Старое вино «Легенды Архары» — страница 52 из 62

Сидя на горячем песке с накинутым на шею белым, пахнущим йодом полотенцем, я травинкой гонял муравьёв у ног и думал, что всё это было здесь и раньше, с Ларкой и Денисом: жаркий июльский день, медовые воды Пуи, брызги купальные. Но тогда я совсем не так глядел на женщину с ребёнком. Можно сказать, даже не видел ни того, ни другого.

Тогда я не чувствовал теперешней свободы и силы в себе, богоподобия своего не осознавал, а в женщине и сыне не ощущал рабов своих, коих бы поил, кормил и коими владел. И внешне был тогда, соответственно, не похож – безбородый, икры ног слабые и в плечах нетяжёл. А теперь я сидел на этом песке заматеревшим хозяином семейства, его творцом.

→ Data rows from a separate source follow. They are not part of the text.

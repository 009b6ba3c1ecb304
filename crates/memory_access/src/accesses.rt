ghost use Rattle.std.specs.Prelude.{◌≡◌, ◌+◌, ◌<◌, ◌≤◌, length, take, drop, if◌then◌else◌, OnOk, OnErr, ◌++◌, ◌∷◌, []};
ghost use Rattle.memory_access.specs.Blocks.{block_bytes};
ghost use Rattle.memory_access.specs.Bytes.{access_size, value_bytes, value_of_bytes};
ghost use Rattle.memory_access.specs.Accesses.{admits, load_result, store_result, after_store, after_alloca};

use crate::access_types::{Access, Loaded, Stored};
use crate::blocks::{bytes_in, index_named};
use crate::byte_values::{byte_of, size_of, value_of};
use byte_block::{BlockName, Byte, Memory, MemoryBlock, Value};
use std::alloc::Global;
use support::{NoMemory, Sequence};

/// Whether a block admits an access of this many bytes at an offset: the bytes are its own, and it
/// and the offset are aligned.
fn is_admitted(block: &MemoryBlock, offset: u64, size: usize, align: u64) -> bool
    requires { 0 < align }
    ensures { result ≡ admits (Some block.now) offset size align }
{
    let end = offset as u128 + size as u128;
    end <= bytes_in(block).len() as u128 && align <= block.align && offset % align == 0
}

/// What an access of the block gives at an offset.
fn load_in(block: &MemoryBlock, offset: u64, access: Access, align: u64) -> Loaded
    requires { 0 < align }
    ensures { let n = access_size access in result ≡ (if admits (Some block.now) offset n align
        then Loaded.Done (value_of_bytes access (take n (drop offset (block_bytes block.now))))
        else Loaded.Ub) }
{
    let size = size_of(access);
    if !is_admitted(block, offset, size, align) {
        return Loaded::Ub;
    }
    let from = offset as usize;
    Loaded::Done(value_of(access, &bytes_in(block)[from..from + size]))
}

/// What a load gives (LLVM Language Reference, "load Instruction"): undefined behaviour where the
/// address does not point to that many bytes of a block, aligned to `align`; otherwise the value
/// of the bytes. It is poison where not all bytes of an integer are numbers, or the bytes of a
/// pointer are not the parts of one in order.
pub fn load(memory: &Memory, at: Value, access: Access, align: u64) -> Loaded
    requires { 0 < align }
    ensures { result ≡ load_result memory.now at access align }
{
    let Value::Ptr(pointer) = at else {
        return Loaded::Ub;
    };
    match index_named(memory.as_slice(), pointer.block) {
        Some(i) => load_in(memory.get(i), pointer.offset, access, align),
        None => Loaded::Ub,
    }
}

/// Overwrites the bytes from an index on with the bytes of a value.
fn write_value(places: &mut Sequence<Byte>, from: usize, value: Value, access: Access)
    requires { from + access_size access ≤ length places.old }
    ensures { let bytes = value_bytes access value in
        places.new ≡ take from places.old ++ (bytes ++ drop (from + length bytes) places.old) }
{
    let size = size_of(access);
    let room = places.len() - from;
    prove!(size <= room);
    for k in 0..size {
        places.set(from + k, byte_of(value, access, k));
    }
}

/// Stores a value (LLVM Language Reference, "store Instruction"): undefined behaviour where a load
/// would be, and the memory is then as it was; otherwise the bytes at the address are those of the
/// value, and all else is as it was. A value of another kind than the access is stored as poison.
/// It allocates nothing.
pub fn store(memory: &mut Memory, value: Value, access: Access, at: Value, align: u64) -> Stored
    requires { 0 < align }
    ensures outcome { result ≡ store_result memory.old access at align }
    ensures after { memory.new ≡ after_store memory.old value access at align }
{
    let Value::Ptr(pointer) = at else {
        return Stored::Ub;
    };
    let i = match index_named(memory.as_slice(), pointer.block) {
        Some(i) => i,
        None => return Stored::Ub,
    };
    if !is_admitted(memory.get(i), pointer.offset, size_of(access), align) {
        return Stored::Ub;
    }
    let block = memory.get_mut(i);
    write_value(&mut block.places, pointer.offset as usize, value, access);
    Stored::Done
}

/// Makes a block of poison bytes after the others (LLVM Language Reference, "alloca Instruction").
/// `size` and `align` are in bytes. When out of memory, the memory is as it was.
pub fn alloca(
    alloc: Global,
    memory: &mut Memory,
    name: BlockName,
    size: u64,
    align: u64,
) -> Result<(), NoMemory>
    ensures ok { OnOk result (memory.new ≡ after_alloca memory.old name size align) }
    ensures err { OnErr result (memory.new ≡ memory.old) }
{
    let poison = Byte::Bits {
        number: 0,
        mask: u8::MAX,
    };
    let places = Sequence::from_vec(vec![in alloc; poison; size as usize]?);
    memory.push(MemoryBlock {
        name,
        size,
        align,
        places,
    })
}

…И после купания застолье обеденное тоже бывало уже такое – с картошкой и солёными грибами. Клеёнка та же выцветшая лежала под блюдами. И тарелки были те же. Даже киот с чёрными невнятными иконами нависал над столом тот же. Но теперь перед этим киотом ещё и молились, прежде чем трапезничать, а не как прежде – молча.

Намокро причёсанная после купания семья стояла, и Сашенька запевал:

– Святый Бо-оже…

Сильный от природы, поставленный его нежный голосок пронизывал сердце, колебал душу.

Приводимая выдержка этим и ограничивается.